*THE TASK*. Locate every line in the records below that contains the word "SetCall", and copy each one.

[[ TASK INPUTS open ]]

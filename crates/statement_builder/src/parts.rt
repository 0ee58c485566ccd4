//! Statements with the items that belong to them, from parts that are built already.

ghost use Rattle.std.specs.Prelude.{◌≡◌, ◌+◌, ◌<◌, ◌^◌, [], ◌∷◌, drop, option_copied, IfOk, Option, Some, None};
ghost use Rattle.c_tree.specs.declared.statement.CStmt.TheVariants as stmt;
ghost use Rattle.c_structure.specs.Statements.{with_label};
ghost use Rattle.named_items.specs.Layouts.{layout_of};
ghost use Rattle.named_items.specs.Structured as spec;

use c_tree::expression::{CCall, CExpr};
use c_tree::statement::{CCase, CNext, CStmt};
use named_items::{Callee, Head, Item, Layout, Part};
use plain_data::{Boxed, Items};
use std::alloc::{AllocError, Global};
use std::collections::VecDeque;

/// Nothing, in place of what is given.
pub(crate) fn nothing<T: Drop, U>(_given: T) -> Option<U>
    ensures { result ≡ None }
{
    None
}

/// Lets go of what is given.
pub(crate) fn passed<T: Drop>(_given: T) {}

/// Lets go of so many items.
pub(crate) fn pass(items: &mut VecDeque<Item>, count: usize)
    ensures { items.new.items ≡ drop count items.old.items }
{
    let mut left = count;
    while left > 0 {
        left -= 1;
        passed(items.pop_front());
    }
}

/// A statement with a label.
fn with_name(alloc: Global, name: &[u8], statement: CStmt) -> Result<CStmt, AllocError>
    ensures { IfOk result (λ s. s ≡ stmt.Label name.now statement) }
{
    let inner = Boxed::new(alloc, statement)?;
    let name = Items::from_slice(alloc, name)?;
    Ok(CStmt::Label(name, inner))
}

/// A statement with its label, where it has one.
#[tactic(auto)]
fn labelled(alloc: Global, label: Option<&[u8]>, statement: CStmt) -> Result<CStmt, AllocError>
    ensures { IfOk result (λ s. s ≡ with_label (option_copied label.entry) statement) }
{
    match label {
        Some(name) => with_name(alloc, name, statement),
        None => Ok(statement),
    }
}

/// A part whose statement has its label.
#[tactic(auto)]
pub(crate) fn marked(
    alloc: Global,
    label: Option<&[u8]>,
    part: Option<Part>,
) -> Result<Option<Part>, AllocError>
    ensures { IfOk result (λ p. p ≡ spec.marked (option_copied label.entry) part) }
{
    match part {
        Some(Part { statement, taken }) => {
            let statement = labelled(alloc, label, statement)?;
            Ok(Some(Part { statement, taken }))
        }
        None => Ok(None),
    }
}

/// A jump to a label, where there is one.
#[tactic(auto, unfolding(named_items::specs::Structured::goto_label))]
fn goto_label(alloc: Global, label: Option<&[u8]>) -> Result<Option<CStmt>, AllocError>
    ensures { IfOk result (λ s. s ≡ spec.goto_label (option_copied label.entry)) }
{
    match label {
        Some(name) => Ok(Some(CStmt::Goto(Items::from_slice(alloc, name)?))),
        None => Ok(None),
    }
}

/// A call of a function.
#[tactic(auto, unfolding(named_items::specs::Structured::call_of))]
fn call_of(callee: Callee, arguments: Items<CExpr>) -> CStmt
    ensures { result ≡ spec.call_of callee arguments }
{
    CStmt::Call(CCall {
        through: callee.through,
        name: callee.name,
        arguments,
    })
}

/// A call of a function, whose value is stored.
#[tactic(auto, unfolding(named_items::specs::Structured::set_call_of))]
fn set_call_of(target: CExpr, callee: Callee, arguments: Items<CExpr>) -> CStmt
    ensures { result ≡ spec.set_call_of target callee arguments }
{
    let call = CCall {
        through: callee.through,
        name: callee.name,
        arguments,
    };
    CStmt::SetCall(target, call)
}

/// The statement of one item, where it has one of its own.
#[tactic(auto, unfolding(named_items::specs::Structured::statement_of))]
pub(crate) fn statement_of(
    alloc: Global,
    layout: &Layout,
    item: Item,
) -> Result<Option<CStmt>, AllocError>
    ensures { IfOk result (λ s. s ≡ spec.statement_of (layout_of layout.now) item) }
{
    match item {
        Item::Assign(place, value) => Ok(Some(CStmt::Set(place, value))),
        Item::Branch(_, _, _) | Item::Select(_, _, _) => Ok(None),
        Item::Jump(position) => goto_label(alloc, layout.label(position)),
        Item::Call(callee, arguments) => Ok(Some(call_of(callee, arguments))),
        Item::SetCall(target, callee, arguments) => Ok(Some(set_call_of(
            target, callee, arguments,
        ))),
        Item::Return(value) => Ok(Some(CStmt::Return(value))),
        Item::Nothing => Ok(Some(CStmt::Empty)),
    }
}

/// A statement to which no items behind the first belong.
#[tactic(auto, unfolding(named_items::specs::Structured::alone))]
pub(crate) fn alone(statement: Option<CStmt>) -> Option<Part>
    ensures { result ≡ spec.alone statement }
{
    match statement {
        Some(statement) => Some(Part {
            statement,
            taken: 0,
        }),
        None => None,
    }
}

/// A `switch` to which so many jumps belong.
#[tactic(auto, unfolding(named_items::specs::Structured::switch_by))]
pub(crate) fn switch_by(value: CExpr, size: usize, cases: Option<Items<CCase>>) -> Option<Part>
    ensures { result ≡ spec.switch_by value size cases }
{
    match cases {
        Some(cases) => Some(Part {
            statement: CStmt::Switch(value, cases),
            taken: size,
        }),
        None => None,
    }
}

/// An `if` whose block has so many items.
#[tactic(auto, unfolding(named_items::specs::Structured::if_by))]
pub(crate) fn if_by(test: CExpr, size: usize, first: Option<Items<CStmt>>) -> Option<Part>
    ensures { result ≡ spec.if_by test size first }
{
    match first {
        Some(first) => Some(Part {
            statement: CStmt::If(test, first, None),
            taken: size,
        }),
        None => None,
    }
}

/// An `if` with an `else`, whose blocks and the jump between them are so many items.
#[tactic(auto, unfolding(named_items::specs::Structured::if_else_by))]
pub(crate) fn if_else_by(
    test: CExpr,
    size: usize,
    first: Items<CStmt>,
    second: Option<Items<CStmt>>,
) -> Option<Part>
    ensures { result ≡ spec.if_else_by test size (Some first) second }
{
    match second {
        Some(second) => Some(Part {
            statement: CStmt::If(test, first, Some(second)),
            taken: size,
        }),
        None => None,
    }
}

/// A `for`, whose turn has so many items.
#[tactic(auto, unfolding(named_items::specs::Structured::for_by))]
pub(crate) fn for_by(
    head: Head,
    size: usize,
    next: Option<CNext>,
    turn: Items<CStmt>,
) -> Option<Part>
    requires { size + 3 < 2 ^ 64 }
    ensures { result ≡ spec.for_by head size next (Some turn) }
{
    let Head {
        variable,
        first,
        test,
    } = head;
    match next {
        Some(next) => Some(Part {
            statement: CStmt::For(variable, first, test, next, turn),
            taken: size + 3,
        }),
        None => None,
    }
}

/// The expression that an item tests.
#[tactic(auto, unfolding(named_items::specs::Structured::test_in))]
pub(crate) fn test_in(item: Option<Item>) -> Option<CExpr>
    ensures { result ≡ spec.test_in item }
{
    match item {
        Some(Item::Branch(test, _, _)) => Some(test),
        _ => None,
    }
}

/// An assignment, and a `do` behind it.
fn set_and_do(
    alloc: Global,
    variable: CExpr,
    first: CExpr,
    turn: Items<CStmt>,
    test: CExpr,
) -> Result<CStmt, AllocError>
    ensures { IfOk result (λ s. s ≡ stmt.Block (stmt.Set variable first ∷ stmt.DoWhile turn test ∷ [])) }
{
    let mut inner = Vec::new(alloc);
    inner.push(CStmt::Set(variable, first))?;
    inner.push(CStmt::DoWhile(turn, test))?;
    Ok(CStmt::Block(Items::from_vec(inner)))
}

/// An assignment and a `do` whose turn has so many items, with the test behind them.
#[tactic(auto, unfolding(named_items::specs::Structured::do_by))]
pub(crate) fn do_by(
    alloc: Global,
    variable: CExpr,
    first: CExpr,
    size: usize,
    turn: Items<CStmt>,
    test: Option<CExpr>,
) -> Result<Option<Part>, AllocError>
    requires { size + 1 < 2 ^ 64 }
    ensures { IfOk result (λ p. p ≡ spec.do_by variable first size (Some turn) test) }
{
    match test {
        Some(test) => {
            let statement = set_and_do(alloc, variable, first, turn, test)?;
            Ok(Some(Part {
                statement,
                taken: size + 1,
            }))
        }
        None => Ok(nothing((variable, first, turn))),
    }
}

[[ TASK INPUTS closed ]]

*EXERCISE RESPONSE*.
    CStmt::SetCall(target, call)
        Item::SetCall(target, callee, arguments) => Ok(Some(set_call_of(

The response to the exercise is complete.